Voilà pour la forme.

Et le fond, me demanderez-vous ?

Ah !

Et bien, en 16 années de pratique, j'ai reçu UNE FOIS un avis favorable où la commission a conseillé au ministre de délivrer le visa sollicité.

UN SEUL AVIS, pour des dizaines de saisine.

Comme j'ai un naturel caustique, mais rieur, je me souviens, une fois la stupéfaction passée, avoir littéralement éclaté de rire en lisant cette merveilleuse missive.

Oui, parce que, chers lecteurs, je n'ai pas encore dévoilé le plus beau.

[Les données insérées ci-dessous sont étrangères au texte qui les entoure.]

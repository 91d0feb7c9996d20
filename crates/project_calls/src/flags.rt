//! Reads the flags of compilers and linkers from the options.
ghost use Rattle.std.specs.Prelude.{◌≡◌, IfOk};
ghost use Rattle.build.specs.edge.Texts.{texts};
ghost use Rattle.option_values.specs.Settings.{value_named};
ghost use Rattle.option_values.specs.SettingsView.{options_in};
ghost use Rattle.build.specs.View.{flags_view};
ghost use Rattle.project_calls.specs.Flags.{flags_in, is_set, items_in, level_of, text_in};

use build::Flags;
use build::edge::copies;
use options::{OptionValue, Options};
use std::alloc::{AllocError, Global};

fn text_of<'a>(options: &'a Options, name: &str) -> &'a str
    ensures { result.now ≡ text_in (value_named (options_in options.now) name.now) }
{
    match options.get(name) {
        Some(OptionValue::Text(text)) => text.as_str(),
        Some(OptionValue::Combo(choice)) => choice.as_str(),
        _ => "",
    }
}

fn is_set(options: &Options, name: &str) -> bool
    ensures { result ≡ is_set (value_named (options_in options.now) name.now) }
{
    match options.get(name) {
        Some(OptionValue::Boolean(boolean)) => *boolean,
        _ => false,
    }
}

fn items_of<'a>(options: &'a Options, name: &str) -> &'a [String]
    ensures { texts result.now ≡ items_in (value_named (options_in options.now) name.now) }
{
    match options.get(name) {
        Some(OptionValue::Array(items)) => items.as_slice(),
        _ => &[],
    }
}

fn level_of(text: &str) -> usize
    ensures { result ≡ level_of text.now }
{
    match text {
        "1" => 1,
        "2" => 2,
        "3" => 3,
        _ => 0,
    }
}

/// Returns the flags of the compiler and the linker that the options set.
pub fn flags_of(alloc: Global, options: &Options) -> Result<Flags, AllocError>
    ensures { IfOk result (λ f. flags_view f ≡ flags_in (options_in options.now)) }
{
    Ok(Flags {
        warning_level: level_of(text_of(options, "warning_level")),
        is_werror: is_set(options, "werror"),
        c_std: String::from_str(alloc, text_of(options, "c_std"))?,
        optimization: String::from_str(alloc, text_of(options, "optimization"))?,
        is_debug: is_set(options, "debug"),
        c_args: copies(alloc, items_of(options, "c_args"))?,
        c_link_args: copies(alloc, items_of(options, "c_link_args"))?,
    })
}
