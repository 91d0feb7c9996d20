//! Decides whether values may be in a list of any depth.
ghost use Rattle.std.specs.Prelude.{◌≡◌, ◌||◌};
ghost use Rattle.arguments.specs.Pieces.{all_pieces, are_pieces, is_built, is_command, is_configuration, is_custom, is_feature, is_file};
ghost use Rattle.arguments.specs.Pieces.{is_target, takes_object, takes_text};
ghost use Rattle.values.specs.Prelude.{data_of, items_of};

use crate::row::Piece;
use values::{Object, Value};

/// Returns whether an object is a file.
pub fn is_file(object: &Object) -> bool
    ensures { result ≡ is_file object.now }
{
    matches!(object, Object::File { .. })
}

/// Returns whether an object is the value of a feature option.
pub fn is_feature(object: &Object) -> bool
    ensures { result ≡ is_feature object.now }
{
    matches!(object, Object::Feature(_))
}

/// Returns whether an object is configuration data.
pub fn is_configuration(object: &Object) -> bool
    ensures { result ≡ is_configuration object.now }
{
    matches!(object, Object::ConfigurationData(_))
}

fn is_built(object: &Object) -> bool
    ensures { result ≡ is_built object.now }
{
    matches!(object, Object::BuildTarget(_))
}

fn is_custom(object: &Object) -> bool
    ensures { result ≡ is_custom object.now }
{
    matches!(
        object,
        Object::CustomTarget { .. } | Object::CustomOutput { .. }
    )
}

fn is_target(object: &Object) -> bool
    ensures { result ≡ is_target object.now }
{
    is_built(object) || is_custom(object)
}

/// Returns whether a test can run an object.
pub fn is_command(object: &Object) -> bool
    ensures { result ≡ is_command object.now }
{
    matches!(object, Object::Program(_)) || is_target(object) || is_file(object)
}

fn takes_object(piece: Piece, object: &Object) -> bool
    ensures { result ≡ takes_object piece object.now }
{
    match piece {
        Piece::Path => is_file(object),
        Piece::Source => is_file(object) || is_custom(object),
        Piece::Folder => matches!(object, Object::IncludeDirectories(_)),
        Piece::BuildTarget => is_built(object),
        Piece::Dependency => matches!(object, Object::Dependency(_)),
        Piece::Target => is_target(object),
        Piece::Word => is_file(object) || is_target(object),
        Piece::CommandWord => is_command(object),
    }
}

fn takes_text(piece: Piece) -> bool
    ensures { result ≡ takes_text piece }
{
    !matches!(
        piece,
        Piece::BuildTarget | Piece::Dependency | Piece::Target
    )
}

/// Returns whether a value is a piece of this kind, or a list of such pieces at any depth.
#[cycle(pieces)]
pub fn are_pieces(piece: Piece, value: &Value) -> bool
    ensures { result ≡ are_pieces piece (data_of value.now) }
{
    match value {
        Value::Object(object) => takes_object(piece, object),
        Value::Text(_) => takes_text(piece),
        Value::List(list) => all_pieces(piece, list.items()),
        _ => false,
    }
}

#[cycle(pieces)]
fn all_pieces(piece: Piece, items: &[Value]) -> bool
    ensures { result ≡ all_pieces piece (items_of items.now) }
{
    for item in items {
        if !are_pieces(piece, item) {
            return false;
        }
    }
    true
}
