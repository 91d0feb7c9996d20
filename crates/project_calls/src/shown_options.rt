//! Lists options with their types and values.
ghost use Rattle.std.specs.Prelude.{◌≡◌, IfOk, map};
ghost use Rattle.option_values.specs.View.{value_in};
ghost use Rattle.option_values.specs.SettingsView.{options_in};
ghost use Rattle.build.specs.View.{option_entry_view, option_view};
ghost use Rattle.project_calls.specs.Entries.{entries_in, entry_of, listed_value, type_of, word_of};

use build::edge::copies;
use build::{OptionEntry, OptionType};
use options::{FeatureState, OptionValue, Options};
use std::alloc::{AllocError, Global};

fn type_of(value: &OptionValue) -> OptionType
    ensures { result ≡ type_of (value_in value.now) }
{
    match value {
        OptionValue::Text(_) => OptionType::String,
        OptionValue::Boolean(_) => OptionType::Boolean,
        OptionValue::Combo(_) => OptionType::Combo,
        OptionValue::Integer(_) => OptionType::Integer,
        OptionValue::Array(_) => OptionType::Array,
        OptionValue::Feature(_) => OptionType::Feature,
    }
}

fn word_of(state: FeatureState) -> &'static str
    ensures { result.now ≡ word_of state }
{
    match state {
        FeatureState::Enabled => "enabled",
        FeatureState::Disabled => "disabled",
        FeatureState::Auto => "auto",
    }
}

fn show(alloc: Global, value: &OptionValue) -> Result<build::OptionValue, AllocError>
    ensures { IfOk result (λ v. option_view v ≡ listed_value (value_in value.now)) }
{
    match value {
        OptionValue::Text(text) => Ok(build::OptionValue::Text(text.clone()?)),
        OptionValue::Boolean(boolean) => Ok(build::OptionValue::Boolean(*boolean)),
        OptionValue::Combo(choice) => Ok(build::OptionValue::Text(choice.clone()?)),
        OptionValue::Integer(number) => Ok(build::OptionValue::Integer(*number)),
        OptionValue::Array(items) => Ok(build::OptionValue::Texts(copies(alloc, items)?)),
        OptionValue::Feature(state) => {
            let word = String::from_str(alloc, word_of(*state))?;
            Ok(build::OptionValue::Text(word))
        }
    }
}

fn entry_of(alloc: Global, name: &str, value: &OptionValue) -> Result<OptionEntry, AllocError>
    ensures { IfOk result (λ e. option_entry_view e ≡ entry_of (name.now, value_in value.now)) }
{
    Ok(OptionEntry {
        name: String::from_str(alloc, name)?,
        kind: type_of(value),
        value: show(alloc, value)?,
    })
}

/// Returns all options as they are listed: built-in ones first, then declared ones.
pub fn option_entries(alloc: Global, options: &Options) -> Result<Vec<OptionEntry>, AllocError>
    ensures { IfOk result (λ es. map option_entry_view es.items ≡ entries_in (options_in options.now)) }
{
    let mut entries = Vec::new(alloc);
    for i in 0..options.len() {
        let Some((name, value)) = options.at(i) else {
            return Ok(entries);
        };
        entries.push(entry_of(alloc, name, value)?)?;
    }
    Ok(entries)
}
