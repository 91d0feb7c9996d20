//! Defines the evaluated arguments of a call.
ghost use Rattle.std.specs.Prelude.{◌≡◌, OnOk};
ghost use Rattle.values.specs.Prelude.{data_of};
ghost use Rattle.arguments.specs.Arguments.{arguments_data, no_arguments, with_argument};

use std::alloc::{AllocError, Global};
use values::{Text, Value};

/// Holds a keyword argument.
#[derive(Drop)]
pub struct Named {
    pub name: Text,
    pub value: Value,
}

/// Holds the arguments of a call: positional ones, and keyword arguments, each in order.
pub struct Arguments {
    pub positional: Vec<Value>,
    pub named: Vec<Named>,
}

impl Drop for Arguments {
    fn drop(self) {
        let Arguments {
            positional: _,
            named: _,
        } = self;
    }
}

/// Returns empty arguments.
pub fn no_arguments(alloc: Global) -> Arguments
    ensures { arguments_data result ≡ no_arguments }
{
    Arguments {
        positional: Vec::new(alloc),
        named: Vec::new(alloc),
    }
}

impl Arguments {
    /// Removes all arguments, but keeps the memory of their lists.
    pub fn clear(&mut self)
        ensures { arguments_data self.new ≡ no_arguments }
    {
        self.positional.clear();
        self.named.clear();
    }
}

/// Appends an argument, with its name if it has one.
#[inline(always)]
pub fn add_argument(
    arguments: &mut Arguments,
    name: &Option<Text>,
    value: Value,
) -> Result<(), AllocError>
    ensures { OnOk result (arguments_data arguments.new
        ≡ with_argument (arguments_data arguments.old) name.now (data_of value)) }
{
    match name {
        Some(name) => {
            let name = name.clone()?;
            arguments.named.push(Named { name, value })?;
        }
        None => arguments.positional.push(value)?,
    }
    Ok(())
}
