//! Decides whether there are disablers among arguments.
ghost use Rattle.std.specs.Prelude.{◌≡◌, map};
ghost use Rattle.arguments.specs.Arguments.{arguments_data, named_data};
ghost use Rattle.arguments.specs.Disablers.{gives_disabler, named_have_disabler, one_has_disabler};
ghost use Rattle.values.specs.Prelude.{data_of};

use crate::arguments::{Arguments, Named};
use values::Value;

fn one_has_disabler(values: &[Value]) -> bool
    ensures { result ≡ one_has_disabler (map data_of values.now) }
{
    for value in values {
        if value.has_disabler() {
            return true;
        }
    }
    false
}

fn named_have_disabler(named: &[Named]) -> bool
    ensures { result ≡ named_have_disabler (map named_data named.now) }
{
    for one in named {
        if one.value.has_disabler() {
            return true;
        }
    }
    false
}

/// Returns whether one of the arguments is a disabler, or a list that contains one at any depth of lists. Each list stores whether it does.
pub fn gives_disabler(arguments: &Arguments) -> bool
    ensures { result ≡ gives_disabler (arguments_data arguments.now) }
{
    one_has_disabler(&arguments.positional) || named_have_disabler(&arguments.named)
}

Cette fameuse commission, censée soulager le juge en filtrant les recours, pour faire correctement son travail, doit bien pouvoir dire oui, puisqu'elle peut dire non.

Et bien, que nenni !

La commission est une entité étrange qui sait dire non... mais ne peut pas dire oui. Le "non" est une décision attaquable devant le juge administratif nantais dans le délai classique de 2 mois.

Le "oui" est ravalé au rang de simple avis adressé au Ministre, et... ce dernier a un nouveau délai de deux mois dans lequel il réfléchit à nouveau...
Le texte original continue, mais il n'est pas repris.